Ознакомительная версия. Доступно 11 страниц из 54
Тягучие два месяца старухе не получать пенсии без документов. Без паспорта не бывать пенсионному удостоверению, без пенсионного – льготному и проездному. Паспорт за пенсионное, пенсионное за льготное, льготное за проездной. Тянет-потянет Ангелина Ивановна – вытянуть не может. Почему два месяца, почему не десять дней? – почемучила Ольга. А потому что отделение, где старухин паспорт столовался, закрыли из-за государственной экономии. Стол под другую крышу перенесли, в соседний район, в другой милиции накрыли, а там – как везде, если не у нас столовались, так вам два месяца ждать.

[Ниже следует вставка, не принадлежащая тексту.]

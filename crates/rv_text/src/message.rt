//! What clients send: hellos, requests with their keys, and cancels.
ghost use Rattle.std.specs.Prelude.{IsTrue, ◌↔◌};
ghost use Rattle.rv_text.specs.Limits.{FitsIdentifier};

use crate::call::Call;
use crate::version::Version;

/// The greatest epoch, client, incarnation and request number: 2^53 - 1.
pub const MAX_IDENTIFIER: u64 = 9_007_199_254_740_991;

/// What names a request. Any numbers make a key; [`Key::fits`] checks that they are within their limits, 1 to
/// 2^53 - 1 each. That no two requests of an epoch have the same key is the book's promise.
#[derive(Clone, Copy, PartialEq, Eq)]
pub struct Key {
    /// The server's epoch.
    pub epoch: u64,
    /// The client's number.
    pub client: u64,
    /// Which of the client's incarnations asks.
    pub incarnation: u64,
    /// The request's number in its session, from 1 on.
    pub number: u64,
}

/// A message from a client.
#[derive(Drop)]
pub enum Message {
    /// Opens a session of this version, and ends the client's session of a lower incarnation, if it has one.
    /// A repeat is welcomed again.
    Hello {
        /// The client that says hello.
        client: u64,
        /// Which incarnation of the client this is: a number greater than all before it.
        incarnation: u64,
        /// The version that the session is to have.
        version: Version,
    },
    /// Asks for a call; the same key with the same call is a repeat.
    Request {
        /// The request's key.
        key: Key,
        /// The call that it asks for.
        call: Call,
    },
    /// Ends the request of this key if it waits. A cancel may also come before its request.
    Cancel {
        /// The key of the request that is to end.
        key: Key,
    },
}

impl Key {
    ghost use Rattle.rv_text.specs.Limits.{FitsKey};

    /// Whether each of the four numbers is 1 to 2^53 - 1.
    pub fn fits(&self) -> bool
        ensures { IsTrue result ↔ FitsKey self.now }
    {
        [self.epoch, self.client, self.incarnation, self.number]
            .iter()
            .all(|number| fits_identifier(*number))
    }
}

impl Message {
    ghost use Rattle.rv_text.specs.Limits.{FitsMessage};

    /// Whether every number and the item are within their limits, and the wait of a swap is not `Now`.
    pub fn fits(&self) -> bool
        ensures { IsTrue result ↔ FitsMessage self.now }
    {
        match self {
            Message::Hello {
                client,
                incarnation,
                ..
            } => { fits_identifier(*client) && fits_identifier(*incarnation) }
            Message::Request { key, call } => key.fits() && call.fits(),
            Message::Cancel { key } => key.fits(),
        }
    }
}

/// Whether an epoch, a client, an incarnation or a number is within its limits: 1 to 2^53 - 1.
pub fn fits_identifier(number: u64) -> bool
    ensures { IsTrue result ↔ FitsIdentifier number }
{
    (1..=MAX_IDENTIFIER).contains(&number)
}
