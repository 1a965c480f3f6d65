//! What holds of messages, answers, calls and their bodies: each contract is a law, and the bodies do
//! nothing.
ghost use Rattle.std.specs.Prelude.{◌≡◌};
ghost use Rattle.rv_text.specs.Bodies.{refused_text};
ghost use Rattle.rv_text.specs.Laws.{OneMessage, WrittenBody, OneAnswer, WrittenAnswer, OneCall, WrittenCall};

use crate::answer::Refusal;
use crate::encode::{BAD_TEXT_BODY, NO_MEMORY_BODY};

/// Bytes are the body of at most one message.
pub fn one_message()
    ensures { OneMessage }
{}

/// The text that is written for a message within the limits is a body of it.
pub fn written_body()
    ensures { WrittenBody }
{}

/// Bytes are the body of at most one answer.
pub fn one_answer()
    ensures { OneAnswer }
{}

/// Bytes are the text of at most one call.
pub fn one_call()
    ensures { OneCall }
{}

/// The compact text of a call within the limits is a text of it.
pub fn written_call()
    ensures { WrittenCall }
{}

/// The text that is written for an answer within the limits is a body of it.
pub fn written_answer()
    ensures { WrittenAnswer }
{}

/// The constant bodies are what is written for their refusals.
pub fn body_constants()
    ensures bad_text { BAD_TEXT_BODY.now ≡ refused_text Refusal.BadText }
    ensures no_memory { NO_MEMORY_BODY.now ≡ refused_text Refusal.NoMemory }
{}
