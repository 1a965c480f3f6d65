//! What stands at an open place of a state.
ghost use Rattle.std.specs.Prelude.{◌≡◌, ◌↔◌, ◌≤◌, IsTrue, None, Some, option_and_then};
ghost use Rattle.rv_account.specs.Calls.{limit_after};
ghost use Rattle.rv_text.specs.Calls.{item_of};
ghost use Rattle.rv_account.specs.state.Standing.{IsLastOf, LiesOpen, StandsFor};

use crate::lasts;
use rv_session::{ClientState, LastRequest, OpenPlace, Waiter};
use rv_text::{Call, MAX_QUEUE, Side, Wait};

// Whether this is the limit of such a wait since a moment, whatever its size.
fn is_limit(limit: Option<u64>, since: u64, wait: Wait) -> bool
    ensures { IsTrue result ↔ (limit ≡ limit_after since wait) }
{
    match (wait, limit) {
        (Wait::Millis(millis), Some(limit)) => limit >= since && limit - since == millis,
        (Wait::Millis(_), None) => false,
        (_, limit) => limit.is_none(),
    }
}

// Whether a place's item is that of a call.
fn has_item(there: &OpenPlace, call: &Call) -> bool
    ensures { IsTrue result ↔ (there.now.item ≡ item_of call.now) }
{
    match (&there.item, call.item()) {
        (Some(item), Some(its)) => item == its,
        (None, None) => true,
        _ => false,
    }
}

// Whether a request that waits since a moment with this call stands at the place.
fn stands_by(there: &OpenPlace, since: u64, call: &Call) -> bool
    ensures { IsTrue result ↔ StandsFor there.now since call.now }
{
    match call.wait() {
        None => false,
        Some(wait) => {
            there.side == call.side()
                && has_item(there, call)
                && is_limit(there.limit, since, wait)
                && lasts(wait)
        }
    }
}

/// Whether the request that waits at the place is the last of this session of its client.
pub fn is_last_of(epoch: u64, there: &OpenPlace, waiter: Waiter, session: &ClientState) -> bool
    ensures { IsTrue result ↔ IsLastOf epoch there.now waiter session.now }
{
    match &session.request {
        LastRequest::Waits { place, call } => {
            waiter.key.epoch == epoch
                && waiter.key.incarnation == session.incarnation
                && waiter.key.number == session.last
                && *place == there.place
                && stands_by(there, waiter.since, call)
        }
        _ => false,
    }
}

/// Whether the place has an item that was given to a queue, with no limit. Where nobody waits, that is a
/// put's.
pub fn lies_open(there: &OpenPlace) -> bool
    ensures { IsTrue result ↔ LiesOpen there.now }
{
    match (there.side, &there.item) {
        (Side::Gives(queue), Some(item)) => {
            queue <= MAX_QUEUE && item.fits() && there.limit.is_none()
        }
        _ => false,
    }
}
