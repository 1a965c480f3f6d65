//! The messages, answers and calls of the rendezvous server, and the JSON bodies that carry them.
//!
//! ```
//! match decode_message(alloc, bytes) {
//!     Ok(Message::Request { key, call }) => ask(key, call),
//!     Ok(message) => hear(message),
//!     Err(_) => write(bad_text_body()),
//! }
//!
//! let body: String = encode_answer(alloc, &Answer::Replied { key, reply: Reply::Done })?;
//! ```
#![tactic(auto)]

mod answer;
mod call;
mod decode;
mod encode;
pub mod laws;
mod members;
mod message;
mod number;
mod version;

pub use answer::{Answer, MAX_COUNTED, Refusal, Reply};
pub use call::{Call, MAX_EXCHANGER, MAX_QUEUE, MAX_WAIT, Side, Wait};
pub use decode::{decode_answer, decode_call, decode_message};
pub use encode::{
    BAD_TEXT_BODY, NO_MEMORY_BODY, bad_text_body, encode_answer, encode_answer_in, encode_call,
    encode_message, encode_reply_in, encode_request, no_memory_body,
};
pub use message::{Key, MAX_IDENTIFIER, Message, fits_identifier};
pub use number::{read_between, read_identifier, read_number, read_plain};
pub use rv_json::{Item, Items, MAX_BODY_BYTES, MAX_DRAIN, NoMemory, TextFault};
pub use version::Version;
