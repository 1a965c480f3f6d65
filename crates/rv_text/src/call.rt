//! What a request asks for: its call, and what a call is.
ghost use Rattle.std.specs.Prelude.{◌≡◌, ◌↔◌, IfOk, IsTrue, option_map};
ghost use Rattle.rv_text.specs.Limits.{FitsMax};

use self::Side::{Exchanges, Gives, Looks, Takes};
use rv_json::{Item, MAX_DRAIN, NoMemory};
use std::alloc::Global;

/// The greatest number of a queue; the least is 0.
pub const MAX_QUEUE: u64 = 63;

/// The greatest number of an exchanger; the least is 0.
pub const MAX_EXCHANGER: u64 = 63;

/// The most milliseconds that a wait may have: a day.
pub const MAX_WAIT: u64 = 86_400_000;

/// How long a request may wait for its partner.
#[derive(Clone, Copy, PartialEq, Eq)]
pub enum Wait {
    /// Not at all, as Java's untimed `poll`.
    Now,
    /// At most so many milliseconds, 0 to 86,400,000, as Java's timed `poll`.
    Millis(u64),
    /// Until it is met or cancelled, or its client says hello with a greater incarnation, as Java's `take`.
    Forever,
}

/// What a request asks of a queue or of an exchanger, each 0 to 63. A call has the item that it hands over,
/// if any, and says how long it waits for a partner, if it may wait.
#[derive(Clone, PartialEq, Eq, Drop)]
pub enum Call {
    /// Appends the item at the queue's tail and never waits (Java's `TransferQueue.put`).
    Put {
        queue: u64,
        item: Item,
    },
    /// Hands the item over to a consumer, and may wait for one (Java's `transfer` and `tryTransfer`).
    Transfer {
        queue: u64,
        item: Item,
        wait: Wait,
    },
    /// Takes the queue's oldest item, and may wait for one (Java's `take` and `poll`).
    Take {
        queue: u64,
        wait: Wait,
    },
    /// Swaps the item for that of another request, and waits for one at least 0 milliseconds: `Now` is no
    /// wait of a swap (Java's `Exchanger.exchange`).
    Swap {
        exchanger: u64,
        item: Item,
        wait: Wait,
    },
    /// Counts the items and the consumers that are there.
    Count {
        queue: u64,
    },
    /// Shows the oldest item and removes nothing.
    Peek {
        queue: u64,
    },
    /// Takes up to `max` of the oldest items in one step, 1 to 16, and never waits (Java's `drainTo`).
    Drain {
        queue: u64,
        max: u64,
    },
}

// What a call is: its word in a body, its side, its wait, how many items it drains, and its item.
#[derive(Clone, Copy)]
pub(crate) struct Nature<'a> {
    pub(crate) word: &'static str,
    pub(crate) side: Side,
    pub(crate) wait: Option<Wait>,
    pub(crate) drains: Option<u64>,
    pub(crate) item: Option<&'a Item>,
}

/// The queue or exchanger of a call, and the call's side of it, which decides what calls it may meet.
#[derive(Clone, Copy, PartialEq, Eq)]
pub enum Side {
    /// It gives an item to this queue, and meets calls that take from it.
    Gives(u64),
    /// It takes an item from this queue, and meets calls that give to it.
    Takes(u64),
    /// It looks at this queue, and meets no call.
    Looks(u64),
    /// It swaps items at this exchanger, and meets calls that swap there too.
    Exchanges(u64),
}

impl<'a> Nature<'a> {
    ghost use Rattle.std.specs.Prelude.{None};

    // That of a call that drains nothing.
    fn of(word: &'static str, side: Side, wait: Option<Wait>, item: Option<&'a Item>) -> Nature<'a>
        ensures word { result.word.now ≡ word.now }
        ensures side { result.side ≡ side }
        ensures wait { result.wait ≡ wait }
        ensures drains { result.drains ≡ None }
        ensures item { option_map (λ i. i.now) result.item ≡ option_map (λ i. i.now) item.entry }
    {
        let drains = None;
        Nature {
            word,
            side,
            wait,
            drains,
            item,
        }
    }
}

impl Wait {
    ghost use Rattle.rv_text.specs.Limits.{FitsWait};

    // Whether its milliseconds, if it has some, are at most 86,400,000.
    fn fits(self) -> bool
        ensures { IsTrue result ↔ FitsWait self }
    {
        match self {
            Wait::Millis(millis) => millis <= MAX_WAIT,
            Wait::Now | Wait::Forever => true,
        }
    }
}

impl Side {
    ghost use Rattle.rv_text.specs.Calls.{MayWait};
    ghost use Rattle.rv_text.specs.Limits.{FitsSide};

    // Whether the number of its queue or exchanger is 0 to 63.
    fn fits(self) -> bool
        ensures { IsTrue result ↔ FitsSide self }
    {
        match self {
            Side::Gives(queue) | Side::Takes(queue) | Side::Looks(queue) => queue <= MAX_QUEUE,
            Side::Exchanges(exchanger) => exchanger <= MAX_EXCHANGER,
        }
    }

    // Whether a call of this side may have this wait.
    fn may_wait(self, wait: Option<Wait>) -> bool
        ensures { IsTrue result ↔ MayWait self wait }
    {
        match self {
            Side::Exchanges(_) => wait != Some(Wait::Now),
            Side::Gives(_) | Side::Takes(_) | Side::Looks(_) => true,
        }
    }
}

impl Call {
    ghost use Rattle.rv_text.specs.Calls.{nature_of, side_of, wait_of, drains_of, item_of};
    ghost use Rattle.rv_text.specs.Limits.{FitsCall};

    // What the call is, one row a call.
    pub(crate) fn nature(&self) -> Nature<'_>
        ensures word { result.word.now ≡ (nature_of self.now).word }
        ensures side { result.side ≡ side_of self.now }
        ensures wait { result.wait ≡ wait_of self.now }
        ensures drains { result.drains ≡ drains_of self.now }
        ensures item { option_map (λ i. i.now) result.item ≡ item_of self.now }
    {
        match self {
            Call::Put { queue, item } => Nature::of("put", Gives(*queue), None, Some(item)),
            Call::Transfer { queue, item, wait } => {
                Nature::of("transfer", Gives(*queue), Some(*wait), Some(item))
            }
            Call::Take { queue, wait } => Nature::of("take", Takes(*queue), Some(*wait), None),
            Call::Swap {
                exchanger,
                item,
                wait,
            } => Nature::of("swap", Exchanges(*exchanger), Some(*wait), Some(item)),
            Call::Count { queue } => Nature::of("count", Looks(*queue), None, None),
            Call::Peek { queue } => Nature::of("peek", Looks(*queue), None, None),
            Call::Drain { queue, max } => Nature {
                drains: Some(*max),
                ..Nature::of("drain", Takes(*queue), Some(Wait::Now), None)
            },
        }
    }

    /// The call's side.
    pub fn side(&self) -> Side
        ensures { result ≡ side_of self.now }
    {
        self.nature().side
    }

    /// How long the call may wait: none for a put, a count and a peek, and now for a drain.
    pub fn wait(&self) -> Option<Wait>
        ensures { result ≡ wait_of self.now }
    {
        self.nature().wait
    }

    /// How many items the call takes at most in one step; none if it meets one partner at most.
    pub fn drains(&self) -> Option<u64>
        ensures { result ≡ drains_of self.now }
    {
        self.nature().drains
    }

    /// The item that the call hands over, if it does.
    pub fn item(&self) -> Option<&Item>
        ensures { option_map (λ i. i.now) result ≡ item_of self.now }
    {
        self.nature().item
    }

    /// Whether the calls are of one kind and have the same members.
    pub fn is_same(&self, other: &Call) -> bool
        ensures { IsTrue result ↔ (self.now ≡ other.now) }
    {
        self == other
    }

    /// A copy of the call. Fails only if memory for its item was refused.
    pub fn copy(&self, _alloc: Global) -> Result<Call, NoMemory>
        ensures same { IfOk result (λ call. call ≡ self.now) }
    {
        self.clone()
    }

    /// Whether the queue or exchanger is 0 to 63, the wait is at most 86,400,000 milliseconds (and not `Now`
    /// for a swap), the most that a drain takes is 1 to 16, and the item has at most 512 bytes.
    pub fn fits(&self) -> bool
        ensures { IsTrue result ↔ FitsCall self.now }
    {
        self.side().fits()
            && self.wait().is_none_or(Wait::fits)
            && self.drains().is_none_or(fits_max)
            && self.item().is_none_or(Item::fits)
            && self.side().may_wait(self.wait())
    }
}

// Whether a drain may take so many items at most.
fn fits_max(max: u64) -> bool
    ensures { IsTrue result ↔ FitsMax max }
{
    (1..=MAX_DRAIN).contains(&max)
}
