//! Reads a number that is written in decimal digits.
ghost use Rattle.std.specs.Prelude.{IfSome, IsSome, None, ℕ, ◌↔◌, ◌≡◌};
ghost use Rattle.rv_text.specs.Number.{IsDigits, WritesBetween, WritesIdentifier, WritesUpTo};
ghost use Rattle.rv_text.specs.Number.{value_of_digits};

use crate::message::MAX_IDENTIFIER;

// The most digits of a number. Every number of so many digits fits a `u64`.
const MOST_DIGITS: usize = 19;

/// The number that `text` writes in decimal: 1 to 19 ASCII digits, leading zeros allowed, and nothing else.
/// Every other text has none, such as one with a sign or a space.
pub fn read_number(text: &[u8]) -> Option<u64>
    ensures some { IsSome result ↔ IsDigits text.now }
    ensures value { IfSome result (λ n. n ≡ value_of_digits text.now) }
{
    if text.is_empty() || text.len() > MOST_DIGITS {
        return None;
    }
    let mut value = 0;
    for digit in text {
        if !digit.is_ascii_digit() {
            return None;
        }
        value = 10 * value + (*digit - b'0') as u64;
    }
    Some(value)
}

/// The identifier that `text` writes: an epoch, a client and the like, 1 to 9,007,199,254,740,991.
pub fn read_identifier(text: &[u8]) -> Option<u64>
    ensures some { IfSome result (WritesIdentifier text.now) }
    ensures none { result ≡ None → (n : ℕ) → ¬ WritesIdentifier text.now n }
{
    read_between(text, 1, MAX_IDENTIFIER)
}

/// The number that `text` writes, if it is at least `least` and at most `most`.
pub fn read_between(text: &[u8], least: u64, most: u64) -> Option<u64>
    ensures some { IfSome result (WritesBetween least most text.now) }
    ensures none { result ≡ None → (n : ℕ) → ¬ WritesBetween least most text.now n }
{
    let n = read_number(text)?;
    if least <= n && n <= most {
        Some(n)
    } else {
        None
    }
}

/// The number that `text` writes with no leading zero, if it is at most `most`. `0` alone is a number too.
pub fn read_plain(text: &[u8], most: u64) -> Option<u64>
    ensures some { IfSome result (WritesUpTo most text.now) }
    ensures none { result ≡ None → (n : ℕ) → ¬ WritesUpTo most text.now n }
{
    if text.len() > 1 && text[0] == b'0' {
        return None;
    }
    let n = read_number(text)?;
    if n <= most { Some(n) } else { None }
}
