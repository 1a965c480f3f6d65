//! Reads keys, calls, replies and refusals among the members of a JSON object. Limits are not looked at yet.
ghost use Rattle.std.specs.Prelude.{◌≡◌};
ghost use Rattle.rv_json.specs.Flat.{seen};
ghost use Rattle.rv_text.specs.Reading.{FindsAmong, key_among, wait_among, call_among, version_among};
ghost use Rattle.rv_text.specs.Reading.{put_among, take_among, transfer_among, swap_among, drain_among};
ghost use Rattle.rv_text.specs.Reading.{counted_among, received_among, reply_among, refusal_among};
ghost use Rattle.rv_text.specs.Reading.{current_version_among};

use crate::answer::{Refusal, Reply};
use crate::call::{Call, Wait};
use crate::message::Key;
use crate::version::Version;
use rv_json::{Members, TextFault, find_whole, read_text, read_whole, take_item, take_texts};
use std::alloc::Global;

pub(crate) fn read_key(members: &Members) -> Result<Key, TextFault>
    ensures { FindsAmong members.now result key_among }
{
    Ok(Key {
        epoch: read_whole(members, "epoch")?,
        client: read_whole(members, "client")?,
        incarnation: read_whole(members, "incarnation")?,
        number: read_whole(members, "number")?,
    })
}

fn read_wait(members: &Members) -> Result<Wait, TextFault>
    ensures { FindsAmong members.now result wait_among }
{
    if let Some(millis) = find_whole(members, "wait") {
        return Ok(Wait::Millis(millis));
    }
    match read_text(members, "wait")? {
        "now" => Ok(Wait::Now),
        "forever" => Ok(Wait::Forever),
        _ => Err(TextFault::NotMessage),
    }
}

pub(crate) fn read_call(alloc: Global, members: &mut Members) -> Result<Call, TextFault>
    ensures { FindsAmong members.old result call_among }
{
    match read_text(members, "call")? {
        "put" => read_put(alloc, members),
        "transfer" => read_transfer(alloc, members),
        "take" => read_take(members),
        "swap" => read_swap(alloc, members),
        "count" => read_whole(members, "queue").map(|queue| Call::Count { queue }),
        "peek" => read_whole(members, "queue").map(|queue| Call::Peek { queue }),
        "drain" => read_drain(members),
        _ => Err(TextFault::NotMessage),
    }
}

fn read_put(alloc: Global, members: &mut Members) -> Result<Call, TextFault>
    ensures { FindsAmong members.old result put_among }
{
    Ok(Call::Put {
        queue: read_whole(members, "queue")?,
        item: take_item(alloc, members)?,
    })
}

fn read_take(members: &Members) -> Result<Call, TextFault>
    ensures { FindsAmong members.now result take_among }
{
    Ok(Call::Take {
        queue: read_whole(members, "queue")?,
        wait: read_wait(members)?,
    })
}

fn read_transfer(alloc: Global, members: &mut Members) -> Result<Call, TextFault>
    ensures { FindsAmong members.old result transfer_among }
{
    Ok(Call::Transfer {
        queue: read_whole(members, "queue")?,
        wait: read_wait(members)?,
        item: take_item(alloc, members)?,
    })
}

fn read_swap(alloc: Global, members: &mut Members) -> Result<Call, TextFault>
    ensures { FindsAmong members.old result swap_among }
{
    Ok(Call::Swap {
        exchanger: read_whole(members, "exchanger")?,
        wait: read_wait(members)?,
        item: take_item(alloc, members)?,
    })
}

fn read_drain(members: &Members) -> Result<Call, TextFault>
    ensures { FindsAmong members.now result drain_among }
{
    Ok(Call::Drain {
        queue: read_whole(members, "queue")?,
        max: read_whole(members, "max")?,
    })
}

// The version that a hello or a welcome names, or else the first.
pub(crate) fn read_version(members: &Members) -> Version
    ensures { result ≡ version_among (seen members.now) }
{
    match find_whole(members, "version") {
        Some(2) => Version::Two,
        _ => Version::One,
    }
}

// The reply to a transfer that was received, with the consumer's key if there is one. The consumer is of this
// epoch.
fn read_received(members: &Members, epoch: u64) -> Result<Reply, TextFault>
    ensures { FindsAmong members.now result (received_among epoch) }
{
    match find_whole(members, "by_client") {
        None => Ok(Reply::Received),
        Some(client) => Ok(Reply::ReceivedBy(Key {
            epoch,
            client,
            incarnation: read_whole(members, "by_incarnation")?,
            number: read_whole(members, "by_number")?,
        })),
    }
}

fn read_counted(members: &Members) -> Result<Reply, TextFault>
    ensures { FindsAmong members.now result counted_among }
{
    Ok(Reply::Counted {
        items: read_whole(members, "items")?,
        consumers: read_whole(members, "consumers")?,
    })
}

// The reply in an answer of this epoch.
pub(crate) fn read_reply(
    alloc: Global,
    members: &mut Members,
    epoch: u64,
) -> Result<Reply, TextFault>
    ensures { FindsAmong members.old result (reply_among epoch) }
{
    match read_text(members, "reply")? {
        "done" => Ok(Reply::Done),
        "received" => read_received(members, epoch),
        "nobody" => Ok(Reply::Nobody),
        "item" => take_item(alloc, members).map(Reply::Item),
        "empty" => Ok(Reply::Empty),
        "swapped" => take_item(alloc, members).map(Reply::Swapped),
        "timedout" => Ok(Reply::TimedOut),
        "cancelled" => Ok(Reply::Cancelled),
        "counted" => read_counted(members),
        "peeked" => take_item(alloc, members).map(Reply::Peeked),
        "drained" => take_texts(alloc, members).map(Reply::Drained),
        _ => Err(TextFault::NotMessage),
    }
}

// The version of a session that a hello asked for another one.
fn read_current_version(members: &Members) -> Result<Version, TextFault>
    ensures { FindsAmong members.now result current_version_among }
{
    Version::of_number(read_whole(members, "current")?).ok_or(TextFault::NotMessage)
}

pub(crate) fn read_refusal(members: &Members) -> Result<Refusal, TextFault>
    ensures { FindsAmong members.now result refusal_among }
{
    match read_whole(members, "code")? {
        1 => Ok(Refusal::BadText),
        2 => read_whole(members, "current").map(Refusal::OtherEpoch),
        3 => Ok(Refusal::NoSession),
        4 => read_whole(members, "current").map(Refusal::OldIncarnation),
        5 => read_whole(members, "last").map(Refusal::OldNumber),
        6 => Ok(Refusal::OtherCall),
        7 => read_whole(members, "open").map(Refusal::Busy),
        8 => read_whole(members, "last").map(Refusal::Gap),
        9 => Ok(Refusal::ClientsFull),
        10 => Ok(Refusal::EpochFull),
        11 => Ok(Refusal::NoMemory),
        12 => read_current_version(members).map(Refusal::OtherVersion),
        _ => Err(TextFault::NotMessage),
    }
}
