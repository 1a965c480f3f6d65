//! The versions of messages; a session has one of them.
ghost use Rattle.std.specs.Prelude.{◌≡◌, length};
ghost use Rattle.rv_text.specs.Versions.{number_of_version, version_of};
ghost use Rattle.rv_text.specs.Rows.{version_row};

/// How much a session's replies say. The hello that opens the session asks for it.
#[derive(Clone, Copy, Debug, PartialEq, Eq)]
pub enum Version {
    /// Version 1, for a hello that names none: the reply of a transfer that was met says that its item was
    /// received.
    One,
    /// Version 2: the reply of a transfer that was met has the key of the request that received its item.
    Two,
}

impl Version {
    /// The version with this number, 1 or 2.
    pub fn of_number(number: u64) -> Option<Version>
        ensures { result ≡ version_of number }
    {
        match number {
            1 => Some(Version::One),
            2 => Some(Version::Two),
            _ => None,
        }
    }

    /// Its number.
    pub fn number(self) -> u64
        ensures { result ≡ number_of_version self }
    {
        match self {
            Version::One => 1,
            Version::Two => 2,
        }
    }

    // How many members it has in a body.
    pub(crate) fn member_count(self) -> usize
        ensures { result ≡ length (version_row self) }
    {
        match self {
            Version::One => 0,
            Version::Two => 1,
        }
    }
}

Сделала старуха всё, как сказано. Заявление заполнила, казну госпошлиной в сберкассе пополнила, в подвале на документ сфотографировалась. Отдала всё в фанерное окошко. Тётка, за ним спрятанная, была похожа на Ольгу, только красилась в светлый. Она приняла паспортные бумажки, а на временное удостоверение старухиной личности не нашла бланков. Ладно вам бабушка, зачем вам, никуда всё равно не ходите, телевизор, небось, смотрите, на лавочках с другими одуванчиками растёте. Ждите своего главного документа положенный срок. Тут Ангелина Ивановна не стерпела и обострила, что ей некогда задом диваны с лавками протирать, не то что некоторым. От старухиных слов тётка стала свекольной и хлопнула окном к обеду. Старуха покарябала гнутыми пальцами фанерку и поехала домой. К дочери, её сыну и зятю – не отцу его.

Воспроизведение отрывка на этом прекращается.